Macro view of NMR
Contents
- 1 Magnetism instead of transitions
- 2 Spectra vs Transition Spectra
- 3 Radio Pulse Power vs Transition Pulse Power
- 4 Saturation vs. Transition Saturation
- 5 Peak Intensity vs Transition Intensity
- 6 Sensitivity vs Transition Sensitivity
- 7 Peak Splitting vs Transition Peak Splitting
- 8 Relaxation vs Transition Relaxation
- 9 Related Topics
Magnetism instead of transitions
NMR at the level of the sample rather than the nucleus requires a complete change of thinking and a lot of math. The focus on the main page will be the thinking part, the math can be accessed on separate pages via links. The interaction will be seen as a magnetic induction rather than photon absorption. A transmitter causes changes in the magnetic fields of a sample, which then induce currents in a detector coil which are picked up by a receiver. So understanding NMR at a macro level requires intimate knowledge of magnetic moments and induction.

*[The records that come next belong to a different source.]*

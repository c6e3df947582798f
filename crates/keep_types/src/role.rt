//! The roles of key parts.

/// What a key part does at its path.
#[derive(Clone, Copy, Debug, PartialEq, Eq)]
pub enum Role {
    /// Of a header, not the last, at no array of tables.
    Through,
    /// Of a header, not the last, at an array of tables.
    Past,
    /// The last of `[..]`.
    Define,
    /// The last of `[[..]]`.
    Element,
    /// Of a keyval, not the last.
    Dotted,
    /// The last of a keyval.
    Value,
}
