//! Questions about the syntax of a document, or of a value alone.
use crate::row::{Answer, Row, unknown};
use keep_syntax::{Limits, ReadFault, Syntax, Tokens, ValueSyntax};
use std::alloc::{AllocError, Global};
use std::fmt::Write;

/// The words are a text and the limits. A text that can't be read is answered by its fault.
pub fn answer(alloc: Global, row: &Row) -> Answer {
    let text = row.text(0);
    let limits = row.limits(1);
    match row.question() {
        "tokens" => tokens(alloc, text, limits),
        "alone" => alone(alloc, ValueSyntax::read(alloc, text, limits)),
        "depth" => depth(alloc, ValueSyntax::read(alloc, text, limits)),
        question => document(alloc, question, Syntax::read(alloc, text, limits)),
    }
}

// The tokens, each on its line: its kind, its place and its text.
fn tokens(alloc: Global, text: &str, limits: Limits) -> Answer {
    match Syntax::read(alloc, text, limits) {
        Ok(syntax) => token_lines(alloc, syntax.tokens(text)),
        Err(fault) => fault.to_string(alloc),
    }
}

fn token_lines(alloc: Global, tokens: Tokens<'_>) -> Answer {
    let mut out = String::new(alloc);
    push_tokens(&mut out, tokens)?;
    Ok(out)
}

/// Writes tokens, each on its line: its kind, its place and its text.
pub fn push_tokens(out: &mut String, tokens: Tokens<'_>) -> Result<(), AllocError> {
    for token in tokens {
        writeln!(out, "{:?} {} {}", token.leaf, token.at, token.text)?;
    }
    Ok(())
}

fn document(alloc: Global, question: &str, syntax: Result<Syntax, ReadFault>) -> Answer {
    match syntax {
        Ok(syntax) => report_of(alloc, question, &syntax),
        Err(fault) => fault.to_string(alloc),
    }
}

/// What is known of a syntax: `counts`, `statements`, `keys` or `values`.
pub fn report_of(alloc: Global, question: &str, syntax: &Syntax) -> Answer {
    match question {
        "counts" => format!(in alloc; "{}", syntax.token_count()),
        "statements" => statements(alloc, syntax),
        "keys" => keys(alloc, syntax),
        "values" => values(alloc, syntax),
        _ => unknown(alloc),
    }
}

fn statements(alloc: Global, syntax: &Syntax) -> Answer {
    let mut out = String::new(alloc);
    for number in 0..syntax.statement_count() {
        writeln!(out, "{:?}", syntax.statement(number))?;
    }
    Ok(out)
}

fn keys(alloc: Global, syntax: &Syntax) -> Answer {
    let mut out = String::new(alloc);
    for number in 0..syntax.key_count() {
        writeln!(out, "{:?}", syntax.key_part(number))?;
    }
    Ok(out)
}

fn values(alloc: Global, syntax: &Syntax) -> Answer {
    let mut out = String::new(alloc);
    for number in 0..syntax.value_count() {
        writeln!(out, "{:?}", syntax.value(number))?;
    }
    Ok(out)
}

// The key parts and the values of a value that is alone.
fn alone(alloc: Global, syntax: Result<ValueSyntax, ReadFault>) -> Answer {
    match syntax {
        Ok(syntax) => alone_lines(alloc, &syntax),
        Err(fault) => fault.to_string(alloc),
    }
}

fn alone_lines(alloc: Global, syntax: &ValueSyntax) -> Answer {
    let mut out = String::new(alloc);
    push_keys(&mut out, syntax)?;
    push_values(&mut out, syntax)?;
    Ok(out)
}

fn push_keys(out: &mut String, syntax: &ValueSyntax) -> Result<(), AllocError> {
    for number in 0..syntax.key_count() {
        writeln!(out, "{:?}", syntax.key_part(number))?;
    }
    Ok(())
}

fn push_values(out: &mut String, syntax: &ValueSyntax) -> Result<(), AllocError> {
    for number in 0..syntax.value_count() {
        writeln!(out, "{:?}", syntax.value(number))?;
    }
    Ok(())
}

// How deep arrays and inline tables enclose one another in a value that is alone.
fn depth(alloc: Global, syntax: Result<ValueSyntax, ReadFault>) -> Answer {
    match syntax {
        Ok(syntax) => format!(in alloc; "{}", syntax.depth()),
        Err(fault) => fault.to_string(alloc),
    }
}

First the sample has to be defined. Ethanol is a good starting sample for analysis. It is a simple molecule, a liquid at room temperature with good flow rate (low viscosity) and slow evaporation rate (low vapor pressure). The molecule has 6 hydrogens, 2 carbons and an oxygen (CH3CH2OH), and there is not much self-association at room temperature. The sample container will be a 5mm glass tube:
About 0.75ml of ethanol in the tube will make a perfect sample for introduction to NMR.
All matter that is charged also has a magnetic field. Why? Good luck with that. Technically, if a charge isn't moving it isn't supposed to have a magnetic field, but since movement is relative, everything is moving compared to something else, so everything that is charged has a magnetic field. At any rate, since every atom has positively charged protons in the nucleus and negatively charged electrons surrounding the nucleus, there should be a net magnetic field around each atom. Similarly, there should be a net magnetic field around every molecule since the atoms are bonded to each other via electrons which all have charge and thus magnetic fields. However, a complication to this picture is that atoms and electrons also have a property called spin, and this property affects an atom's net magnetic field, and thus whether there is an actual net magnetic field.
It turns out that protons and the 13C isotope of carbon have net magnetic fields while the main isotope of oxygen does not.
In summary, in the NMR tube of ethanol there is a solution of tiny bar magnets.
On the benchtop, the bar magnets floating around in solution are randomly oriented, so there is no net magnetic field due to the ethanol molecules. If placed into a strong magnetic field however, some of the floating bar magnets will line up with the field, generating a net magnetic field. If magnetism was the only factor then the floating bar magnets would line up with the external field and that would be it, nothing more would happen. The key part about NMR is that these magnets are also spinning, so there is torque that causes a precession around the axis of the external field. This precession frequency is what is probed with a transmitter.
Spectra vs Transition Spectra
To obtain a spectrum, the sample must first be placed into a static magnetic field to cause alignment of the magnets within a sample and their precession about the external magnetic field axis. This frequency depends on the gyromagnetic ratio (gamma) (g) for that element/elementary particle (a constant) and the intensity of the static magnetic field (B0) according to the derived equation:
v0=g*B0
Since this v0 is a moving charge, this represents electromagnetic frequency and can interact with an external electromagnetic frequency according to the usual rules of wave mechanics. In short, if an external electromagnetic frequency of the same magnitude is applied to the sample, it can 'resonate' with the sample, depending on the phases of the two fields. Fortunately, the gyromagnetic ratios of components of a sample are dramatically different, so a transmitter/receiver pair can be set up to 'look' at just one of the many v0 in a sample.
Based on the Larmor equation, the only variable for a particular atomic component is the external field strength B0, but since there are magnetic fields all around a molecule of the sample, each atomic component will experience slightly different B0, and thus have slightly different v0. Thus the transmitter/receiver pair will see several resonances for each atomic component in a sample of a molecule such as ethanol and it is these resonances that are studied in NMR. In addition, the atoms in a molecule that are in the same magnetic environment will experience the same B0 and thus have the same v0 and give the same peak.